──────── Data supplied

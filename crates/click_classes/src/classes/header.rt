//! The classes that read the internet header: CheckIPHeader and DecIPTTL.

ghost use Rattle.std.specs.Prelude.{◌≡◌, ◌==◌, [], Ok, length, slice_index_or, if◌then◌else◌, Option, Some};
ghost use Rattle.click_classes.specs.Values.{address};
ghost use Rattle.click_classes.specs.Made.{addresses, check_ip_header, without_arguments, ByWords};
ghost use Rattle.click_classes.specs.Steps.{each, OrNoMemory};
ghost use Rattle.click_classes.specs.kept.Answers.{IsOrNoMemory};
ghost use Rattle.click_classes.specs.Acts.{aged};
ghost use Rattle.click_packet.specs.Header.{header_good, ttl};

use crate::arguments::Arguments;
use crate::classes::plain::without_arguments;
use crate::fault::ArgFault;
use crate::packet_effects::Verdict;
use crate::state::State;
use crate::values::address::address;
use click_base::sequence::Sequence;
use click_packet::Packet;
use std::alloc::Global;

/// Returns the address that each word spells.
fn each_address(alloc: Global, words: &[Sequence<u8>]) -> Result<Sequence<[u8; 4]>, ArgFault>
    ensures { IsOrNoMemory (each address words.now) result }
{
    let mut list = Sequence::new(alloc);
    for word in words {
        let octets = address(word.as_slice())?;
        list.push(octets)?;
    }
    Ok(list)
}

/// Returns the addresses that up to 64 words spell.
#[tactic(auto, unfolding(crate::specs::Made::addresses))]
fn addresses(alloc: Global, words: &[Sequence<u8>]) -> Result<Sequence<[u8; 4]>, ArgFault>
    ensures { IsOrNoMemory (addresses words.now) result }
{
    if words.len() > 64 {
        return Err(ArgFault::OutOfRange);
    }
    each_address(alloc, words)
}

/// Returns the addresses of the first argument, or none if there is no argument.
pub fn refused(
    alloc: Global,
    arguments: &[Sequence<Sequence<u8>>],
) -> Result<Sequence<[u8; 4]>, ArgFault>
    ensures { IsOrNoMemory (if length arguments.now == 0 then Ok [] else addresses (slice_index_or arguments.now 0 [])) result }
{
    if arguments.is_empty() {
        return Ok(Sequence::new(alloc));
    }
    addresses(alloc, arguments[0].as_slice())
}

/// `CheckIPHeader([ADDRESSES])` checks the IPv4 header of packets (RFC 791, section 3.1).
///
/// - Arguments: ADDRESSES, up to 64 addresses with spaces between them; default none.
/// - Ports: one agnostic input; one agnostic output, and optionally a push output 1.
/// - A packet passes if its header is valid and its source is none of ADDRESSES. A valid header
///   begins at the first byte, has version 4 and at least 20 bytes, and sums to ffff. The total
///   length that it states is at least that of the header and at most that of the packet. Other
///   packets are pushed to output 1 if that is connected, and are dropped otherwise. If such a
///   packet was pulled, the pull returns no packet.
/// - Bytes behind the total length (padding) stay in the packet.
/// - Handlers: none.
///
/// ```click
/// FromDevice(a) -> c :: CheckIPHeader(0.0.0.0 255.255.255.255) -> Discard; c [1] -> Discard;
/// ```
///
/// ```calls
/// FromDevice(a) -> h :: CheckIPHeader -> Queue -> ToDevice(x); h [1] -> Queue -> ToDevice(y);
/// FromDevice(b) -> CheckIPHeader(10.0.0.1) -> c :: Counter -> Discard;
/// FromDevice(d) -> Queue -> p :: CheckIPHeader -> ToDevice(z); p [1] -> e :: Counter -> Discard;
/// > poll a 4500001400010000401166d60a0000010a000002,4500001400010000401166d70a0000010a000002
/// entered 2
/// > transmit x
/// sent 4500001400010000401166d60a0000010a000002 0 0.0.0.0
/// > transmit x
/// sent none
/// > transmit y
/// sent 4500001400010000401166d70a0000010a000002 0 0.0.0.0
/// > arrive b 4500001400010000401166d60a0000010a000002
/// entered 1
/// > read c.count
/// value 30
/// > arrive d 4500001400010000401166d70a0000010a000002
/// entered 1
/// > transmit z
/// sent none
/// > read e.count
/// value 31
/// ```
#[tactic(auto, unfolding(crate::specs::Made::check_ip_header))]
pub fn make_check_ip_header(alloc: Global, arguments: &Arguments) -> Result<State, ArgFault>
    ensures { OrNoMemory (ByWords 0 1 check_ip_header arguments.now) result }
{
    if !arguments.are(0, 1) {
        return Err(ArgFault::ArgumentCount);
    }
    let words = arguments.words(alloc)?;
    let refused = refused(alloc, words.as_slice())?;
    Ok(State::CheckIPHeader { refused })
}

/// `DecIPTTL` decrements the time to live of packets (RFC 791, section 3.1).
///
/// - Arguments: none.
/// - Ports: one agnostic input; one agnostic output, and optionally a push output 1.
/// - The time to live of the packet decreases by one. The checksum is computed from scratch, so a
///   wrong one becomes right. A packet without a complete header, or with a time to live of 0 or 1,
///   is unchanged. It is pushed to output 1 if that is connected, and is dropped otherwise. If it
///   was pulled, the pull returns no packet.
/// - A header is complete if its first byte states a length of at least 20 bytes, and the packet has
///   as many. Its version, checksum and total length are not tested.
/// - Handlers: none.
///
/// ```click
/// FromDevice(a) -> d :: DecIPTTL -> Discard; d [1] -> Discard;
/// ```
///
/// ```calls
/// FromDevice(a) -> d :: DecIPTTL -> Queue -> ToDevice(x); d [1] -> Queue -> ToDevice(y);
/// FromDevice(b) -> DecIPTTL -> c :: Counter -> Discard;
/// > poll a 4500001400010000401166d60a0000010a000002,4500001400010000011166d60a0000010a000002,
/// 4500001400010000011166d60a0000010a0000
/// entered 3
/// > transmit x
/// sent 45000014000100003f1167d60a0000010a000002 0 0.0.0.0
/// > transmit x
/// sent none
/// > transmit y
/// sent 4500001400010000011166d60a0000010a000002 0 0.0.0.0
/// > transmit y
/// sent 4500001400010000011166d60a0000010a0000 0 0.0.0.0
/// > transmit y
/// sent none
/// > arrive b -
/// entered 1
/// > read c.count
/// value 30
/// ```
pub fn make_dec_ip_ttl(arguments: &Arguments) -> Result<State, ArgFault>
    ensures { result ≡ without_arguments State.DecIPTTL arguments.now }
{
    without_arguments(State::DecIPTTL, arguments)
}

/// Returns where a packet goes after a CheckIPHeader: to the side output if its header is bad.
#[inline(always)]
pub fn header_verdict(refused: &Sequence<[u8; 4]>, packet: &Packet) -> Verdict
    ensures { result ≡ (if header_good packet.now.bytes refused.now then Verdict.Forward else Verdict.SideOutput) }
{
    if packet.header_good(refused.as_slice()) {
        Verdict::Forward
    } else {
        Verdict::SideOutput
    }
}

/// Decrements the packet's time to live, and returns where the packet goes.
///
/// With a time to live of 0 or 1, or without a header, the packet goes to the side output
/// unchanged.
#[inline(always)]
pub fn age(packet: &mut Packet) -> Verdict
    ensures { aged packet.old (ttl packet.old.bytes) ≡ record { state = State.DecIPTTL; packet = packet.new; verdict = result } }
{
    if packet.count_down() {
        Verdict::Forward
    } else {
        Verdict::SideOutput
    }
}
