// The long form of the TriG document on standard input; its stored output is that of the scope's worked example.
#![tactic(auto)]

use std::io;

fn main(rt: HostRuntime) -> io::Result<()> {
    printing::print_long_form(&mut rt.reader(), &mut io::writer(&rt))
}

────────────────

▶ **Your task**
The material above must be output in full. Keep every word as it is.

▶ **Solution to this task**
filename crates/click_classes/src/classes/header.rt
//! The classes that read the internet header: CheckIPHeader and DecIPTTL.

ghost use Rattle.std.specs.Prelude.{◌≡◌, ◌==◌, [], Ok, length, slice_index_or, if◌then◌else◌, Option, Some};
ghost use Rattle.click_classes.specs.Values.{address};
ghost use Rattle.click_classes.specs.Made.{addresses, check_ip_header, without_arguments, ByWords};
ghost use Rattle.click_classes.specs.Steps.{each, OrNoMemory};
ghost use Rattle.click_classes.specs.kept.Answers.{IsOrNoMemory};
ghost use Rattle.click_classes.specs.Acts.{aged};
ghost use Rattle.click_packet.specs.Header.{header_good, ttl};

use crate::arguments::Arguments;
use crate::classes::plain::without_arguments;
use crate::fault::ArgFault;
use crate::packet_effects::Verdict;
use crate::state::State;
use crate::values::address::address;
use click_base::sequence::Sequence;
use click_packet::Packet;
use std::alloc::Global;

/// Returns the address that each word spells.
fn each_address(alloc: Global, words: &[Sequence<u8>]) -> Result<Sequence<[u8; 4]>, ArgFault>
    ensures { IsOrNoMemory (each address words.now) result }
{
    let mut list = Sequence::new(alloc);
    for word in words {
        let octets = address(word.as_slice())?;
        list.push(octets)?;
    }
    Ok(list)
}

/// Returns the addresses that up to 64 words spell.
#[tactic(auto, unfolding(crate::specs::Made::addresses))]
fn addresses(alloc: Global, words: &[Sequence<u8>]) -> Result<Sequence<[u8; 4]>, ArgFault>
    ensures { IsOrNoMemory (addresses words.now) result }
{
    if words.len() > 64 {
        return Err(ArgFault::OutOfRange);
    }
    each_address(alloc, words)
}

/// Returns the addresses of the first argument, or none if there is no argument.
pub fn refused(
    alloc: Global,
    arguments: &[Sequence<Sequence<u8>>],
) -> Result<Sequence<[u8; 4]>, ArgFault>
    ensures { IsOrNoMemory (if length arguments.now == 0 then Ok [] else addresses (slice_index_or arguments.now 0 [])) result }
{
    if arguments.is_empty() {
        return Ok(Sequence::new(alloc));
    }
    addresses(alloc, arguments[0].as_slice())
}

/// `CheckIPHeader([ADDRESSES])` checks the IPv4 header of packets (RFC 791, section 3.1).
///
/// - Arguments: ADDRESSES, up to 64 addresses with spaces between them; default none.
/// - Ports: one agnostic input; one agnostic output, and optionally a push output 1.
/// - A packet passes if its header is valid and its source is none of ADDRESSES. A valid header
///   begins at the first byte, has version 4 and at least 20 bytes, and sums to ffff. The total
///   length that it states is at least that of the header and at most that of the packet. Other
///   packets are pushed to output 1 if that is connected, and are dropped otherwise. If such a
///   packet was pulled, the pull returns no packet.
/// - Bytes behind the total length (padding) stay in the packet.
/// - Handlers: none.
///
/// ```click
/// FromDevice(a) -> c :: CheckIPHeader(0.0.0.0 255.255.255.255) -> Discard; c [1] -> Discard;
/// ```
///
/// ```calls
/// FromDevice(a) -> h :: CheckIPHeader -> Queue -> ToDevice(x); h [1] -> Queue -> ToDevice(y);
/// FromDevice(b) -> CheckIPHeader(10.0.0.1) -> c :: Counter -> Discard;
/// FromDevice(d) -> Queue -> p :: CheckIPHeader -> ToDevice(z); p [1] -> e :: Counter -> Discard;
/// > poll a 4500001400010000401166d60a0000010a000002,4500001400010000401166d70a0000010a000002
/// entered 2
/// > transmit x
/// sent 4500001400010000401166d60a0000010a000002 0 0.0.0.0
/// > transmit x
/// sent none
/// > transmit y
/// sent 4500001400010000401166d70a0000010a000002 0 0.0.0.0
/// > arrive b 4500001400010000401166d60a0000010a000002
/// entered 1
/// > read c.count
/// value 30
/// > arrive d 4500001400010000401166d70a0000010a000002
/// entered 1
/// > transmit z
/// sent none
/// > read e.count
/// value 31
/// ```
#[tactic(auto, unfolding(crate::specs::Made::check_ip_header))]
pub fn make_check_ip_header(alloc: Global, arguments: &Arguments) -> Result<State, ArgFault>
    ensures { OrNoMemory (ByWords 0 1 check_ip_header arguments.now) result }
{
    if !arguments.are(0, 1) {
        return Err(ArgFault::ArgumentCount);
    }
    let words = arguments.words(alloc)?;
    let refused = refused(alloc, words.as_slice())?;
    Ok(State::CheckIPHeader { refused })
}

/// `DecIPTTL` decrements the time to live of packets (RFC 791, section 3.1).
///
/// - Arguments: none.
/// - Ports: one agnostic input; one agnostic output, and optionally a push output 1.
/// - The time to live of the packet decreases by one. The checksum is computed from scratch, so a
///   wrong one becomes right. A packet without a complete header, or with a time to live of 0 or 1,
///   is unchanged. It is pushed to output 1 if that is connected, and is dropped otherwise. If it
///   was pulled, the pull returns no packet.
/// - A header is complete if its first byte states a length of at least 20 bytes, and the packet has
///   as many. Its version, checksum and total length are not tested.
/// - Handlers: none.
///
/// ```click
/// FromDevice(a) -> d :: DecIPTTL -> Discard; d [1] -> Discard;
/// ```
///
/// ```calls
/// FromDevice(a) -> d :: DecIPTTL -> Queue -> ToDevice(x); d [1] -> Queue -> ToDevice(y);
/// FromDevice(b) -> DecIPTTL -> c :: Counter -> Discard;
/// > poll a 4500001400010000401166d60a0000010a000002,4500001400010000011166d60a0000010a000002,
/// 4500001400010000011166d60a0000010a0000
/// entered 3
/// > transmit x
/// sent 45000014000100003f1167d60a0000010a000002 0 0.0.0.0
/// > transmit x
/// sent none
/// > transmit y
/// sent 4500001400010000011166d60a0000010a000002 0 0.0.0.0
/// > transmit y
/// sent 4500001400010000011166d60a0000010a0000 0 0.0.0.0
/// > transmit y
/// sent none
/// > arrive b -
/// entered 1
/// > read c.count
/// value 30
/// ```
pub fn make_dec_ip_ttl(arguments: &Arguments) -> Result<State, ArgFault>
    ensures { result ≡ without_arguments State.DecIPTTL arguments.now }
{
    without_arguments(State::DecIPTTL, arguments)
}

/// Returns where a packet goes after a CheckIPHeader: to the side output if its header is bad.
#[inline(always)]
pub fn header_verdict(refused: &Sequence<[u8; 4]>, packet: &Packet) -> Verdict
    ensures { result ≡ (if header_good packet.now.bytes refused.now then Verdict.Forward else Verdict.SideOutput) }
{
    if packet.header_good(refused.as_slice()) {
        Verdict::Forward
    } else {
        Verdict::SideOutput
    }
}

/// Decrements the packet's time to live, and returns where the packet goes.
///
/// With a time to live of 0 or 1, or without a header, the packet goes to the side output
/// unchanged.
#[inline(always)]
pub fn age(packet: &mut Packet) -> Verdict
    ensures { aged packet.old (ttl packet.old.bytes) ≡ record { state = State.DecIPTTL; packet = packet.new; verdict = result } }
{
    if packet.count_down() {
        Verdict::Forward
    } else {
        Verdict::SideOutput
    }
}
// The long form of the TriG document on standard input; its stored output is that of the scope's worked example.
#![tactic(auto)]

use std::io;

fn main(rt: HostRuntime) -> io::Result<()> {
    printing::print_long_form(&mut rt.reader(), &mut io::writer(&rt))
}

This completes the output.